* _Required work_: Go through the listing and retype each line exactly.

* _Dataset excerpts_:
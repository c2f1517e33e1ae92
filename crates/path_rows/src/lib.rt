//! Worked rows of symbolic paths: whether the constraints of a log are met exactly where the walk of its program holds, and
//! whether accesses and registers at the end are those of the walk. There is nothing here but tests, of what no contract says:
//! that paths are made, with ample memory, and that the definitions mean what they are to mean.
#![tactic(auto)]

#[cfg(test)]
mod divide;
#[cfg(test)]
mod shown;
#[cfg(test)]
mod symbolic;
#[cfg(test)]
mod terms;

* _Response to the task_:
repository c2f1517e33e1ae92
filename crates/path_rows/src/lib.rt
//! Worked rows of symbolic paths: whether the constraints of a log are met exactly where the walk of its program holds, and
//! whether accesses and registers at the end are those of the walk. There is nothing here but tests, of what no contract says:
//! that paths are made, with ample memory, and that the definitions mean what they are to mean.
#![tactic(auto)]

#[cfg(test)]
mod divide;
#[cfg(test)]
mod shown;
#[cfg(test)]
mod symbolic;
#[cfg(test)]
mod terms;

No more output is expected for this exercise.